*** Opening Data for processing ***

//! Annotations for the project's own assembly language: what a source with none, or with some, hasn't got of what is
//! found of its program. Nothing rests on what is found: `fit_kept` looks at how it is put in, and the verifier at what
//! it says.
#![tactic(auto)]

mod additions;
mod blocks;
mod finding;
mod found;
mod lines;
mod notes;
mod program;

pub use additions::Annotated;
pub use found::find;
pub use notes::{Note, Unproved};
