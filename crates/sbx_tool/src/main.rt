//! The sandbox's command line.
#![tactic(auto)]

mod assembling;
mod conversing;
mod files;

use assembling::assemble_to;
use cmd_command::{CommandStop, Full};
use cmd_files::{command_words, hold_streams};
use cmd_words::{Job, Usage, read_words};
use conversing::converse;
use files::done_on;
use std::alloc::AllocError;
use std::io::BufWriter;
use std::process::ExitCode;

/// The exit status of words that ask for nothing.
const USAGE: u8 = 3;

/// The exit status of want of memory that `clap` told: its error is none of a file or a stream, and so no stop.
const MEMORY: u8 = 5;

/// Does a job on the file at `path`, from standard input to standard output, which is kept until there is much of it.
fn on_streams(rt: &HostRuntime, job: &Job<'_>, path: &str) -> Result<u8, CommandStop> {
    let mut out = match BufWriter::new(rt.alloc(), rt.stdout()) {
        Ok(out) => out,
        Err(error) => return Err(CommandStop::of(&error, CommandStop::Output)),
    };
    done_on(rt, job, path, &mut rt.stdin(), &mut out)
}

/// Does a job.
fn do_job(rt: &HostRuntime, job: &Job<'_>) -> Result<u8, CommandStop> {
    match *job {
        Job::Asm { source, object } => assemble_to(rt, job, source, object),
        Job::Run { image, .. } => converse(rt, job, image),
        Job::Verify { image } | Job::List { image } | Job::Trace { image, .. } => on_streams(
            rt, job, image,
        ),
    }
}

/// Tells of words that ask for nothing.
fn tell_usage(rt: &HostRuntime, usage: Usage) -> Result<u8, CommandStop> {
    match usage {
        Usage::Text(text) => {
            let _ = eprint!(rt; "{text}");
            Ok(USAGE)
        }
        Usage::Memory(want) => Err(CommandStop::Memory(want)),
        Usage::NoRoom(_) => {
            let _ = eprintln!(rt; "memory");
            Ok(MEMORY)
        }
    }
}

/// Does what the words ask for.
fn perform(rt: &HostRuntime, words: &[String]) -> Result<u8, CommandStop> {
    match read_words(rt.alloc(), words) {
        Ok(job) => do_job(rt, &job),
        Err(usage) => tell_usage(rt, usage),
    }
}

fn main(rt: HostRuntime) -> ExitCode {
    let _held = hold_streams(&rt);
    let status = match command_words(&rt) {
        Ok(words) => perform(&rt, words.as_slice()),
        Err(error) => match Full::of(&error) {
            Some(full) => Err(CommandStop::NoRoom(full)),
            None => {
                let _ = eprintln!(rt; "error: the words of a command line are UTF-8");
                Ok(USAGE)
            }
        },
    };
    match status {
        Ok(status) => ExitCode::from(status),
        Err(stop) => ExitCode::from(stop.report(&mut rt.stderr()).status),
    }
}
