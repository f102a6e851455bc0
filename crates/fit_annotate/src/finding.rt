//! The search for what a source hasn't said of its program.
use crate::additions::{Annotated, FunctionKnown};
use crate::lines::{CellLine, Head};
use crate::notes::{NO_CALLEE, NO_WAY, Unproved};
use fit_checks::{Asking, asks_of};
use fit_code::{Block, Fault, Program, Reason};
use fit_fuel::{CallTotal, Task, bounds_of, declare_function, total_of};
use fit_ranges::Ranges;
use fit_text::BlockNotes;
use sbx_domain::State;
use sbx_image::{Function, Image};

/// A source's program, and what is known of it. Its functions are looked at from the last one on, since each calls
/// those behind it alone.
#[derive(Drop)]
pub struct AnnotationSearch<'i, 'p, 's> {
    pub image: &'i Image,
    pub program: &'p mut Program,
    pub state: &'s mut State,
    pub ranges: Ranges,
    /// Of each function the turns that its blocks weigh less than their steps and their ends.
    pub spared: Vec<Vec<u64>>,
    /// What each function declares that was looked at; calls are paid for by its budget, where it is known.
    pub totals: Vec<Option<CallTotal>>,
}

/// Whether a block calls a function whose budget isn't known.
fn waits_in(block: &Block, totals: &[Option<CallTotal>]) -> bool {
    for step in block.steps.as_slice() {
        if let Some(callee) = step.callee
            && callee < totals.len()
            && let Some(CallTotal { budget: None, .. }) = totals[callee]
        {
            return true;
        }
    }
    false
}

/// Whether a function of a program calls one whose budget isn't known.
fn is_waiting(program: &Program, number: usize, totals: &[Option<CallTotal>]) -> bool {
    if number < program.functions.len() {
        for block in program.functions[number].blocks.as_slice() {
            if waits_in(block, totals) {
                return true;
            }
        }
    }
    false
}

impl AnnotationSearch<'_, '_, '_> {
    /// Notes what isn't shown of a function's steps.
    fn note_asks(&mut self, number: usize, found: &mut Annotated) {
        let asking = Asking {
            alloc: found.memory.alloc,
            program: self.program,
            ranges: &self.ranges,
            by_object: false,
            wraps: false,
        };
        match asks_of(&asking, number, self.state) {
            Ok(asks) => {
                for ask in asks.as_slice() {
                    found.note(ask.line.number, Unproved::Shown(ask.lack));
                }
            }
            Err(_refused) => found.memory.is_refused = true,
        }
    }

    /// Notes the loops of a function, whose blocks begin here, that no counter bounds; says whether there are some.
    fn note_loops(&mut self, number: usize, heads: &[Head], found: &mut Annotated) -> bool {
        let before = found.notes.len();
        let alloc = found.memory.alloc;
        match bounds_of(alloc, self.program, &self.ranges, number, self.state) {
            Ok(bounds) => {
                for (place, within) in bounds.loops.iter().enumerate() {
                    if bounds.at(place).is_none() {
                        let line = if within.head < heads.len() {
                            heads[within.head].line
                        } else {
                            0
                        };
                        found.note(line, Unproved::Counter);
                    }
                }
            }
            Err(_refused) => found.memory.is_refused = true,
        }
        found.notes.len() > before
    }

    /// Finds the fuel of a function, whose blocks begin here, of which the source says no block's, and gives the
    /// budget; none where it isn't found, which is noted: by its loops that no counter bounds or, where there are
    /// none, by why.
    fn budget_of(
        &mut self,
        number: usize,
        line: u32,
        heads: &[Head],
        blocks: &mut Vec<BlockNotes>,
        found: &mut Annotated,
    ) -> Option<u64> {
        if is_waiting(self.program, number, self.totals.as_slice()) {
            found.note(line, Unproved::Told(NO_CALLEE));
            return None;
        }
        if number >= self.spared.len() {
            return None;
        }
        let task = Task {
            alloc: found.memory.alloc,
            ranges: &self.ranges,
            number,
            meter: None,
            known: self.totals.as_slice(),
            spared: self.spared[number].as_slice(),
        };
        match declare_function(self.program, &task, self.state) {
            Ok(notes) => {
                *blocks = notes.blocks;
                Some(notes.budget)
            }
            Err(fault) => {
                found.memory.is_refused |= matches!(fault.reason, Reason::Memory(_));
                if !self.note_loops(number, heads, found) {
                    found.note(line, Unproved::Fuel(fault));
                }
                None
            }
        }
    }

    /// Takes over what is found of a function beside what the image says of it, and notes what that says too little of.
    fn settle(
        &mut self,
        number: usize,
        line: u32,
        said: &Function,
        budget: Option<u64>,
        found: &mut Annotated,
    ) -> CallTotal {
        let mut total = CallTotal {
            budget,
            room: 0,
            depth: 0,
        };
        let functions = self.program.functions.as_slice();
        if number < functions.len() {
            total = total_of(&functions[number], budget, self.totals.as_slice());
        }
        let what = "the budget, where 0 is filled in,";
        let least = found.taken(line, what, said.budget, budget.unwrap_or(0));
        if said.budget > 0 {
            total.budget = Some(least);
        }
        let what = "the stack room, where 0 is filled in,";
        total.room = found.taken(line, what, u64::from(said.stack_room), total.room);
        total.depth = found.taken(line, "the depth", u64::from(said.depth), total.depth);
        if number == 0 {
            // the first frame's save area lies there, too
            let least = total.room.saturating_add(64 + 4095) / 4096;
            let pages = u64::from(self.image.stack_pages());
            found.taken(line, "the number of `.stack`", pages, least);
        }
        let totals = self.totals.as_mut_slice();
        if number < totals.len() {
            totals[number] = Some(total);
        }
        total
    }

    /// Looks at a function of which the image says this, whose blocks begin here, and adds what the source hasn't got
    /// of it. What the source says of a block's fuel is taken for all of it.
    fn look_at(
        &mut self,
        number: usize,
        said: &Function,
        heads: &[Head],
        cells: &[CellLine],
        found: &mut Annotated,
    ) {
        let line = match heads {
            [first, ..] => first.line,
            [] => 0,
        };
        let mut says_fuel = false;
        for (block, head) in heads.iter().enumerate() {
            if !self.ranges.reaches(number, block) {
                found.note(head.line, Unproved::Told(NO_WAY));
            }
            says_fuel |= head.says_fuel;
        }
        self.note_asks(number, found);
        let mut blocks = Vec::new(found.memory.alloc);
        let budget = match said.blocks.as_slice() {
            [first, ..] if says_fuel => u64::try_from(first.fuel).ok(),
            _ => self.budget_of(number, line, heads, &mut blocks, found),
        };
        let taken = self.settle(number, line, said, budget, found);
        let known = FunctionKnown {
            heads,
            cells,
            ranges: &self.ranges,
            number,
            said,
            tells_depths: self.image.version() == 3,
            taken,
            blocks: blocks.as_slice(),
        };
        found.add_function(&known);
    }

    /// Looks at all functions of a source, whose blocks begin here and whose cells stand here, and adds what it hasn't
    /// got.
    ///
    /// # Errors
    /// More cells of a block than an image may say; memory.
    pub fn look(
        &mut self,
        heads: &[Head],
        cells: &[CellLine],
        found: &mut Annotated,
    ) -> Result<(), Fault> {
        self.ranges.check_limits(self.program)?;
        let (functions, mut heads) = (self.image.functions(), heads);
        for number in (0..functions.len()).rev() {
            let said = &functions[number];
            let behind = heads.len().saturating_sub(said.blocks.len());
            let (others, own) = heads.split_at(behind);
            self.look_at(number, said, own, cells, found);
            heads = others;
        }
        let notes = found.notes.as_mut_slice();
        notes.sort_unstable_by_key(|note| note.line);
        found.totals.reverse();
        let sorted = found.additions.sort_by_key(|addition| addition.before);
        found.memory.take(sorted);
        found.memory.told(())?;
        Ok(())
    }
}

*** Closing Data for processing ***

§ **Problem details**:
Reproduce each line of the records in which the word "before" appears.

§ **Final answer**:
        let before = found.notes.len();
        found.notes.len() > before
        let sorted = found.additions.sort_by_key(|addition| addition.before);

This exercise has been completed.